┌────────
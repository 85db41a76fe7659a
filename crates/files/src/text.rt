// Text put into a lent buffer, one piece after another, as much of it as fits.
// (Not by `Display` and `fmt::Write`: their contracts say what was written where a write answers `Ok`, and none says that it does.
// `Prints` promises the whole text.)
ghost use Rattle.std.specs.Prelude.{◌≤◌, length};

// A buffer, whose first `used` places hold text. (It holds what is lent by `&mut`, and is never compared: so no `Clone`, no `PartialEq`.)
#[derive(Debug, Drop)]
pub(crate) struct Text<'a> {
    pub out: &'a mut [u8],
    pub used: usize,
    ghost inside: { used ≤ length out.now },
}

impl<'a> Text<'a> {
    ghost use Rattle.std.specs.Prelude.{[], ◌∷◌, ◌++◌};
    ghost use Rattle.files.specs.inner.Told.{Puts};
    ghost use Rattle.files.specs.Text.{decimal};

    // A byte, where there is room.
    fn put_byte(&mut self, byte: u8)
        ensures { Puts (byte ∷ []) self.old self.new }
    {
        if self.used < self.out.len() {
            self.out[self.used] = byte;
            self.used += 1;
        }
    }

    // A text's bytes.
    // (Byte by byte: what has no room is left out.)
    pub(crate) fn put(&mut self, text: &[u8])
        ensures { Puts text.now self.old self.new }
    {
        for byte in text {
            self.put_byte(*byte);
        }
    }

    // A number in decimal.
    pub(crate) fn put_decimal(&mut self, n: u64)
        ensures { Puts (decimal n) self.old self.new }
    {
        if 10 <= n {
            self.put_decimal(n / 10);
        }
        self.put_byte(b'0' + (n % 10) as u8);
    }

    // A text and the number after it.
    pub(crate) fn put_labelled(&mut self, label: &[u8], n: u64)
        ensures { Puts (label.now ++ decimal n) self.old self.new }
    {
        self.put(label);
        self.put_decimal(n);
    }
}
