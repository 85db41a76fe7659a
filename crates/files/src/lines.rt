// The lines of an answer, as document 01 has `tvrun` print them.
ghost use Rattle.std.specs.Prelude.{◌≡◌, ◌+◌, ◌*◌, ◌≤◌, length};
ghost use Rattle.search.specs.declared.Outcome.TheVariants.{Refused};
ghost use Rattle.files.specs.Laid.{Laid};
ghost use Rattle.files.specs.Text.{name_of, refused_line, verdict_line, variable_line, node_line, lines_below, printed};
ghost use Rattle.files.specs.inner.Told.{NodesThere, Puts};

use crate::text::Text;
use operators::kind;
use problem::{Refusal, node_at, node_count};
use search::{Answer, Outcome, Verdict};

// `refused NUMBER at PLACE`
fn put_refusal(text: &mut Text, refusal: Refusal)
    ensures { Puts (refused_line (Refused refusal)) text.old text.new }
{
    text.put_labelled(b"refused ", u64::from(refusal.number));
    text.put_labelled(b" at ", u64::from(refusal.place));
    text.put(b"\n");
}

// The verdict's name.
fn name(verdict: Verdict) -> &'static [u8]
    ensures { result.now ≡ name_of verdict }
{
    match verdict {
        Verdict::Model => b"model",
        Verdict::Spent => b"spent",
        Verdict::Ended => b"ended",
        Verdict::Closed => b"closed",
    }
}

// `verdict NAME moves M steps S words W`
fn put_verdict(text: &mut Text, answer: Answer, verdict: Verdict)
    ensures { Puts (verdict_line answer verdict) text.old text.new }
{
    text.put(b"verdict ");
    text.put(name(verdict));
    text.put_labelled(b" moves ", answer.moves);
    text.put_labelled(b" steps ", answer.steps);
    text.put_labelled(b" words ", answer.words);
    text.put(b"\n");
}

// `ID VALUE`
fn put_variable(text: &mut Text, id: u16, value: u64)
    ensures { Puts (variable_line id value) text.old text.new }
{
    text.put_decimal(u64::from(id));
    text.put_labelled(b" ", value);
    text.put(b"\n");
}

// Node i's line: a variable has one, with 0 where there is no place for its value.
// (A problem's bytes and values as they are lent, here and below: a refused problem has no view.)
fn put_node(text: &mut Text, problem: &[u8], values: &[u64], i: u16)
    requires { 9 + 24 * i + 24 ≤ length problem.now }
    ensures { Puts (node_line problem.now values.now i) text.old text.new }
{
    if node_at(problem, i).kind == kind::VARIABLE {
        let value = values.get(usize::from(i)).copied().unwrap_or(0);
        put_variable(text, i, value);
    }
}

// The lines of all variables, by id.
fn put_nodes(text: &mut Text, problem: &[u8], values: &[u64], count: u16)
    requires { 9 + 24 * count ≤ length problem.now }
    ensures { Puts (lines_below problem.now values.now count) text.old text.new }
{
    for i in 0..count {
        put_node(text, problem, values, i);
    }
}

// What is printed of an answer.
fn put_answer(text: &mut Text, problem: &[u8], values: &[u64], answer: Answer)
    requires { NodesThere problem.now answer }
    ensures { Puts (printed problem.now values.now answer) text.old text.new }
{
    match answer.outcome {
        Outcome::Refused(refusal) => put_refusal(text, refusal),
        Outcome::Settled(verdict) => {
            put_verdict(text, answer, verdict);
            put_nodes(text, problem, values, node_count(problem));
        }
    }
}

// Puts what is printed of an answer at the start of out, as much of it as fits, and answers how many bytes that is.
pub(crate) fn text_of(problem: &[u8], values: &[u64], answer: Answer, out: &mut [u8]) -> usize
    requires { NodesThere problem.now answer }
    ensures { Laid (printed problem.now values.now answer) 0 out.old out.new result }
{
    let mut text = Text { out, used: 0 };
    put_answer(&mut text, problem, values, answer);
    text.used
}
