// The words of `start.bin` and `tape.bin`, and what the latter's mean.
ghost use Rattle.std.specs.Prelude.{◌≡◌};
ghost use Rattle.files.specs.Laid.{Laid};
ghost use Rattle.files.specs.Words.{words_of, budget_of, tape_of};

use problem::u64_at;

/// Puts the bytes' words at the start of into, as many as there are and as fit, and answers how many.
// (By number: the count is wanted anyway, and `u64_at` reads at a place.)
pub fn words_of(bytes: &[u8], into: &mut [u64]) -> usize
    ensures { Laid (words_of bytes.now) 0 into.old into.new result }
{
    let count = (bytes.len() / 8).min(into.len());
    for i in 0..count {
        into[i] = u64_at(bytes, 8 * i);
    }
    count
}

/// The budget that the words of `tape.bin` hold.
#[tactic(auto, unfolding(crate::specs::Words::budget_of))]
pub fn budget_of(words: &[u64]) -> u16
    ensures { result ≡ budget_of words.now }
{
    (words.first().copied().unwrap_or(0) % 65536) as u16
}

/// The tape that the words of `tape.bin` hold.
#[tactic(auto, unfolding(crate::specs::Words::tape_of))]
pub fn tape_of(words: &[u64]) -> &[u64]
    ensures { result.now ≡ tape_of words.now }
{
    words.get(1..).unwrap_or(&[])
}
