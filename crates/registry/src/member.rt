// The members of a function by name.
ghost use Rattle.std.specs.Prelude.{◌≡◌};
ghost use Rattle.registry.specs.Faults.{member_name};

/// A member of a function as a registration writes it, or the function itself.
#[derive(Clone, Copy, Debug, PartialEq, Eq)]
pub enum Member {
    Function,
    RateLimit,
    Idempotency,
    Singleton,
    Timeouts,
    Id,
    Name,
    Triggers,
    Steps,
    Concurrency,
    Throttle,
    Debounce,
    BatchEvents,
    Priority,
    Cancel,
}

impl Member {
    /// The member's name in a registration, and `function` for the function itself.
    pub fn name(self) -> &'static str
        ensures { result.now ≡ member_name self }
    {
        match self {
            Member::Function => "function",
            Member::RateLimit => "rateLimit",
            Member::Idempotency => "idempotency",
            Member::Singleton => "singleton",
            Member::Timeouts => "timeouts",
            Member::Id => "id",
            Member::Name => "name",
            Member::Triggers => "triggers",
            Member::Steps => "steps",
            Member::Concurrency => "concurrency",
            Member::Throttle => "throttle",
            Member::Debounce => "debounce",
            Member::BatchEvents => "batchEvents",
            Member::Priority => "priority",
            Member::Cancel => "cancel",
        }
    }
}
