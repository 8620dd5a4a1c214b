// Members of a value, by the kind that they have to be of.
ghost use Rattle.std.specs.Prelude.{◌≡◌, ◌≤◌, option_map, IfSome};
ghost use Rattle.serde_json.specs.View.{items_view, view};
ghost use Rattle.registry.specs.Members.{array_in, first_present, has_count, part, text_in, whole, whole_in};

use crate::Member;
use serde_json::Value;

/// The member of this name, where the value is an object that has it and it isn't null.
pub(crate) fn part<'v>(value: &'v Value, name: &str) -> Option<&'v Value>
    ensures { option_map (λ v. view v.now) result ≡ part name.now (view value.now) }
{
    match value.get(name) {
        Some(Value::Null) | None => None,
        Some(member) => Some(member),
    }
}

/// The first of these members that the object has.
pub(crate) fn first_present(members: &[Member], object: &Value) -> Option<Member>
    ensures { result ≡ first_present members.now (view object.now) }
{
    members
        .iter()
        .copied()
        .find(|member| part(object, member.name()).is_some())
}

/// The member of this name, where it is a text that isn't empty.
pub(crate) fn text_in<'v>(value: &'v Value, name: &str) -> Option<&'v str>
    ensures { option_map (λ s. s.now) result ≡ text_in name.now (view value.now) }
{
    let text = part(value, name)?.as_str()?;
    if text.is_empty() { None } else { Some(text) }
}

/// A whole number from `least` to `most`, written without sign, fraction or exponent.
pub(crate) fn whole(value: &Value, least: u64, most: u64) -> Option<u64>
    ensures value { result ≡ whole least most (view value.now) }
    ensures most { IfSome result (λ n. n ≤ most) }
{
    match value.as_u64() {
        Some(number) if least <= number && number <= most => Some(number),
        _ => None,
    }
}

/// The same in the member of this name.
pub(crate) fn whole_in(value: &Value, name: &str, least: u64, most: u64) -> Option<u64>
    ensures value { result ≡ whole_in least most name.now (view value.now) }
    ensures most { IfSome result (λ n. n ≤ most) }
{
    whole(part(value, name)?, least, most)
}

/// The items of the member of this name, where it is an array.
pub(crate) fn array_in<'v>(value: &'v Value, name: &str) -> Option<&'v [Value]>
    ensures { option_map (λ items. items_view items.now) result ≡ array_in name.now (view value.now) }
{
    Some(part(value, name)?.as_array()?.as_slice())
}

/// There are so many items.
#[tactic(auto, using(crate::proofs::Arrays::counts))]
pub(crate) fn has_count(items: &[Value], least: usize, most: usize) -> bool
    ensures { result ≡ has_count least most (items_view items.now) }
{
    least <= items.len() && items.len() <= most
}
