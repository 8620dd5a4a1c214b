// What is wrong with one member.
ghost use Rattle.std.specs.Prelude.{◌≡◌};
ghost use Rattle.registry.specs.Expressions.{bad_expression};
ghost use Rattle.registry.specs.Faults.{blame, blamed};

use crate::{Member, RegisterFault};
use cel_parse::ParseFault;
use lists::Memory;

/// What is wrong with a member of a function, without the function's index and the member's name.
#[derive(Clone, Copy, Debug, PartialEq, Eq)]
pub(crate) enum Flaw {
    Function,
    Trigger,
    Url,
    HttpsUrl,
    Limit,
    TooManyLimits,
    Period,
    Expression { at: u64 },
    BatchWith,
    Retries,
    CancelName,
    Memory,
}

impl From<Memory> for Flaw {
    ghost use Rattle.std.specs.Prelude.{◌≡◌};
    ghost use Rattle.registry.specs.declared.flaw.Flaw.TheVariants as flaw;

    ghost from_gives = { λ _ e. e ≡ flaw.Memory };

    fn from(_error: Memory) -> Self {
        Flaw::Memory
    }
}

impl From<ParseFault> for Flaw {
    ghost use Rattle.std.specs.Prelude.{◌≡◌};
    ghost use Rattle.registry.specs.Expressions.{bad_expression};

    ghost from_gives = { λ f e. e ≡ bad_expression f };

    fn from(fault: ParseFault) -> Self {
        match fault {
            ParseFault::TooLong => Flaw::Expression { at: 0 },
            ParseFault::Syntax { at } | ParseFault::TooDeep { at } => Flaw::Expression { at },
            ParseFault::Memory => Flaw::Memory,
        }
    }
}

impl Flaw {
    /// The fault that this is in a member of the function of this index.
    pub(crate) fn of(self, function: u64, member: Member) -> RegisterFault
        ensures { result ≡ blamed function member self }
    {
        match self {
            Flaw::Function => RegisterFault::BadFunction { function, member },
            Flaw::Trigger => RegisterFault::BadTrigger { function, member },
            Flaw::Url => RegisterFault::BadUrl { function, member },
            Flaw::HttpsUrl => RegisterFault::HttpsUrl { function, member },
            Flaw::Limit => RegisterFault::BadLimit { function, member },
            Flaw::TooManyLimits => RegisterFault::TooManyLimits { function, member },
            Flaw::Period => RegisterFault::BadPeriod { function, member },
            Flaw::Expression { at } => RegisterFault::BadExpression {
                function,
                member,
                at,
            },
            Flaw::BatchWith => RegisterFault::BatchWith { function, member },
            Flaw::Retries => RegisterFault::BadRetries { function, member },
            Flaw::CancelName => RegisterFault::CancelName { function, member },
            Flaw::Memory => RegisterFault::Memory,
        }
    }
}

/// What was read, or its fault in this member of the function of this index.
pub(crate) fn blame<T: Drop>(
    function: u64,
    member: Member,
    read: Result<T, Flaw>,
) -> Result<T, RegisterFault>
    ensures { result ≡ blame function member read }
{
    match read {
        Ok(value) => Ok(value),
        Err(flaw) => Err(flaw.of(function, member)),
    }
}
└────────
Task prompt: Take the line above containing "Puts (decimal n)", the line containing "number after it.", and all lines in between, and copy them exactly without anything else.

Solution to the exercise:
        ensures { Puts (decimal n) self.old self.new }
    {
        if 10 <= n {
            self.put_decimal(n / 10);
        }
        self.put_byte(b'0' + (n % 10) as u8);
    }

    // A text and the number after it.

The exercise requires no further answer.